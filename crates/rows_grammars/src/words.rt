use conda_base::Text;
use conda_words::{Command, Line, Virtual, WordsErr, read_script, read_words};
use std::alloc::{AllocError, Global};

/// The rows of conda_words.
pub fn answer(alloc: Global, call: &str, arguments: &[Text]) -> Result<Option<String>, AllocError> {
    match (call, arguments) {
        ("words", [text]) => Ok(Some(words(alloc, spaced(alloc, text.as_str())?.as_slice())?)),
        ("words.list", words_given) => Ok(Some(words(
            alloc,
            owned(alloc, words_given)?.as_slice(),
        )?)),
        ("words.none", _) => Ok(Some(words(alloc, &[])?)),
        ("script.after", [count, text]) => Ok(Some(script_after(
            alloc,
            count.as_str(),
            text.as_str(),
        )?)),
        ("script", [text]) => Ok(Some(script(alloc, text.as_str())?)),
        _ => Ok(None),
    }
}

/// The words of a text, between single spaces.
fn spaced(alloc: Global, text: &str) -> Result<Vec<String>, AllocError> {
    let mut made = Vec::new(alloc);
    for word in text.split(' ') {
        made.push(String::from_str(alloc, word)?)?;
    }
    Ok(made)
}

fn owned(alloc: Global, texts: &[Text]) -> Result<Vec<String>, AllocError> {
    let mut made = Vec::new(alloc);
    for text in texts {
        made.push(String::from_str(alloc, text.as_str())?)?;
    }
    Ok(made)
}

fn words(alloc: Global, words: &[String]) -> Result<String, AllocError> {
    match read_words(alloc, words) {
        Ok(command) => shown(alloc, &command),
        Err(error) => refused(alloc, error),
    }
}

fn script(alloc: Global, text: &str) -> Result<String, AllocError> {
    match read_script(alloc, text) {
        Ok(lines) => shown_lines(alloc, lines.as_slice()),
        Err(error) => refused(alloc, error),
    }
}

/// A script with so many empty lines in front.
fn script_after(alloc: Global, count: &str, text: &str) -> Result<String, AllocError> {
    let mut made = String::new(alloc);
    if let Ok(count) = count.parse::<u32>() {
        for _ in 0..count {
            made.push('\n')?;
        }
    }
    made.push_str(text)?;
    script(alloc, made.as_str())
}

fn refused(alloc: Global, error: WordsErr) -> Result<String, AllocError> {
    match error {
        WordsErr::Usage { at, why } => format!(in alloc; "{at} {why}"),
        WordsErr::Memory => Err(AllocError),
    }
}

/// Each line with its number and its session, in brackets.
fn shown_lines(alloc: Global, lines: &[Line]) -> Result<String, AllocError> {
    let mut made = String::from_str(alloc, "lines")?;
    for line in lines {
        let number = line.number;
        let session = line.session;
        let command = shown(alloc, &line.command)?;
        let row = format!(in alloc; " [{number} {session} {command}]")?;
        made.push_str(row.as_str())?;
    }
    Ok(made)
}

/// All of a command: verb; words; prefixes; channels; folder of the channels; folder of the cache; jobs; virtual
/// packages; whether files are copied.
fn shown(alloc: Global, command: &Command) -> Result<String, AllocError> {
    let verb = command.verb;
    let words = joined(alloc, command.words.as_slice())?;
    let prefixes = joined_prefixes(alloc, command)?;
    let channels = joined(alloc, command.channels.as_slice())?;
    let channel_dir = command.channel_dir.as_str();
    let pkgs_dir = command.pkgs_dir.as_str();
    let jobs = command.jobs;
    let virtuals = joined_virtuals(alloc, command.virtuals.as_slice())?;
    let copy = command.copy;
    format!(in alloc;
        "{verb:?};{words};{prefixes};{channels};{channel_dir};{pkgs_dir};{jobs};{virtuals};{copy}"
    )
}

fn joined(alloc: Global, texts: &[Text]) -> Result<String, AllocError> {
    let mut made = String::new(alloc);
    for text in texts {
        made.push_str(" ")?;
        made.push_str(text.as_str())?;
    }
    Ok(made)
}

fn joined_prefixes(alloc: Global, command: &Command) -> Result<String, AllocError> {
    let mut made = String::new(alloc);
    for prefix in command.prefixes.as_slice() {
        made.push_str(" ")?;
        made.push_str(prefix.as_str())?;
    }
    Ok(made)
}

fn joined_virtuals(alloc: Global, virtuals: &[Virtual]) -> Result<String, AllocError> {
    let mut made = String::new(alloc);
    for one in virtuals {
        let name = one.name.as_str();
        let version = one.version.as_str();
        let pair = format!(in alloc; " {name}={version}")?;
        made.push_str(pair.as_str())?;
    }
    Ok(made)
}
---
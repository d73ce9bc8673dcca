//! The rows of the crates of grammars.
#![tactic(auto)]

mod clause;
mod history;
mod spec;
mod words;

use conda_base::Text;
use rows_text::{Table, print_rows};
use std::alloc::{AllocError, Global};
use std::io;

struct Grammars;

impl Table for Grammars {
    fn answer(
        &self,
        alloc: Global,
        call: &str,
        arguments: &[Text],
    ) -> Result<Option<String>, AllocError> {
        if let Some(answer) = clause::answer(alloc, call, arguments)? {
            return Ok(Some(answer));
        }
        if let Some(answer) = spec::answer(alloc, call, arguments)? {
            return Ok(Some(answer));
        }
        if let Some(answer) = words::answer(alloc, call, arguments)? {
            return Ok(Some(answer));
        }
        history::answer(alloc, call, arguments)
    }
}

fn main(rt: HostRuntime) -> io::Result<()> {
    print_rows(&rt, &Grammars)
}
==
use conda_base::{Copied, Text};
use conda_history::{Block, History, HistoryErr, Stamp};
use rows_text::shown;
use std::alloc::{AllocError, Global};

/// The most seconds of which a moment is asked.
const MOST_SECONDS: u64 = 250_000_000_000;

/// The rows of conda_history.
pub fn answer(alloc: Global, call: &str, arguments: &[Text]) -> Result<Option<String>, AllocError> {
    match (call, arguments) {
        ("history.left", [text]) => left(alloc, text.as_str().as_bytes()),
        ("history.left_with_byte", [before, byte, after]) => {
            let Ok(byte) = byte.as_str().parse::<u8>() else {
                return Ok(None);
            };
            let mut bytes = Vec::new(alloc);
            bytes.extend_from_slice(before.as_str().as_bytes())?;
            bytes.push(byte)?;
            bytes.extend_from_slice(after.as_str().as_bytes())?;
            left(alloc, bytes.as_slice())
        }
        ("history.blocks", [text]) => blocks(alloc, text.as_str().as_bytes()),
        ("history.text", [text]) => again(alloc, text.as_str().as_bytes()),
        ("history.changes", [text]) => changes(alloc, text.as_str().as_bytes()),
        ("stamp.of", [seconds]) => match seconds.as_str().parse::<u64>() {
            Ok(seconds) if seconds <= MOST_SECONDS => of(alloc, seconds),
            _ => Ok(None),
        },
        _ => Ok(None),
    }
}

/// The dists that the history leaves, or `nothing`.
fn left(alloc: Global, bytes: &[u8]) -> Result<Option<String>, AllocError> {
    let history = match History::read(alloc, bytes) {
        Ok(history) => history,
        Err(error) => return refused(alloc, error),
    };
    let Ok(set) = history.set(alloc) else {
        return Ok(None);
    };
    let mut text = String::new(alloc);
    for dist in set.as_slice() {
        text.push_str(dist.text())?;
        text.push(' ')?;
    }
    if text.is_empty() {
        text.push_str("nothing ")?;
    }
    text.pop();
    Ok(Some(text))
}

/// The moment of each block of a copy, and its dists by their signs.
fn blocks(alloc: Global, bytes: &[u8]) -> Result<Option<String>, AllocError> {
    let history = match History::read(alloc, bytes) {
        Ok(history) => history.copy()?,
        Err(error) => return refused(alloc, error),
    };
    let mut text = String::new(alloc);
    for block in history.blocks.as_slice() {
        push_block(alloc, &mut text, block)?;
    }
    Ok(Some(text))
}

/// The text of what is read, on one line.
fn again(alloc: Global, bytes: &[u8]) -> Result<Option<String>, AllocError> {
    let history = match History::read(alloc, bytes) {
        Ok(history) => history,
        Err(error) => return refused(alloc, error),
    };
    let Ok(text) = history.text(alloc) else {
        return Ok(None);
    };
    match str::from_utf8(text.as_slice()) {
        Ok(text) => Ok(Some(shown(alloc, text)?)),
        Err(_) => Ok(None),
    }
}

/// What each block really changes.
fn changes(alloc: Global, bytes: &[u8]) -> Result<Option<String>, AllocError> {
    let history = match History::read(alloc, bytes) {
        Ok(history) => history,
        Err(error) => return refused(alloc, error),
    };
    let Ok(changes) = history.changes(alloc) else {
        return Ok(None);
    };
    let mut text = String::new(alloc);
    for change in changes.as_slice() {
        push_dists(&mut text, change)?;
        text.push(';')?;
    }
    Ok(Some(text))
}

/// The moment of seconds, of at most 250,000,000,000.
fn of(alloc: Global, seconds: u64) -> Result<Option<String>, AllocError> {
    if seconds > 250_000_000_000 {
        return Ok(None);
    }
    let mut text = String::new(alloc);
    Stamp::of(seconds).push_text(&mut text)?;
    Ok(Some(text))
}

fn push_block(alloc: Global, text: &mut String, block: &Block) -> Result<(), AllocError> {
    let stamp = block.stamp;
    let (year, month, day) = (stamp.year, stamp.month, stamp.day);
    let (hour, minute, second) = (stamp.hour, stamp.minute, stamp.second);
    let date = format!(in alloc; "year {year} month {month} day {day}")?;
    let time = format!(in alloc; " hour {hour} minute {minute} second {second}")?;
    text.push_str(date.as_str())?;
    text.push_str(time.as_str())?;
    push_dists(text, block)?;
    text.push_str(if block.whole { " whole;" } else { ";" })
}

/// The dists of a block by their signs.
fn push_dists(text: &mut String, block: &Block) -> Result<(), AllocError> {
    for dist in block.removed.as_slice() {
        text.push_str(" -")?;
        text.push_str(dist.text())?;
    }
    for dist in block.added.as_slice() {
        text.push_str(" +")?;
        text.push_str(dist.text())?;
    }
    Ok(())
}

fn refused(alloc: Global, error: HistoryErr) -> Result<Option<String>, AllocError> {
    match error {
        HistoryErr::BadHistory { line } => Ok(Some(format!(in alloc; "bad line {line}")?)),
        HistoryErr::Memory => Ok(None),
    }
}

§ **The problem**: Beginning with the line containing "filename crates/rows_grammars/src/words.rt" in the material above, copy every line exactly until you have copied the line containing "between single spaces.".

§ **Answer area**:
filename crates/rows_grammars/src/words.rt
use conda_base::Text;
use conda_words::{Command, Line, Virtual, WordsErr, read_script, read_words};
use std::alloc::{AllocError, Global};

/// The rows of conda_words.
pub fn answer(alloc: Global, call: &str, arguments: &[Text]) -> Result<Option<String>, AllocError> {
    match (call, arguments) {
        ("words", [text]) => Ok(Some(words(alloc, spaced(alloc, text.as_str())?.as_slice())?)),
        ("words.list", words_given) => Ok(Some(words(
            alloc,
            owned(alloc, words_given)?.as_slice(),
        )?)),
        ("words.none", _) => Ok(Some(words(alloc, &[])?)),
        ("script.after", [count, text]) => Ok(Some(script_after(
            alloc,
            count.as_str(),
            text.as_str(),
        )?)),
        ("script", [text]) => Ok(Some(script(alloc, text.as_str())?)),
        _ => Ok(None),
    }
}

/// The words of a text, between single spaces.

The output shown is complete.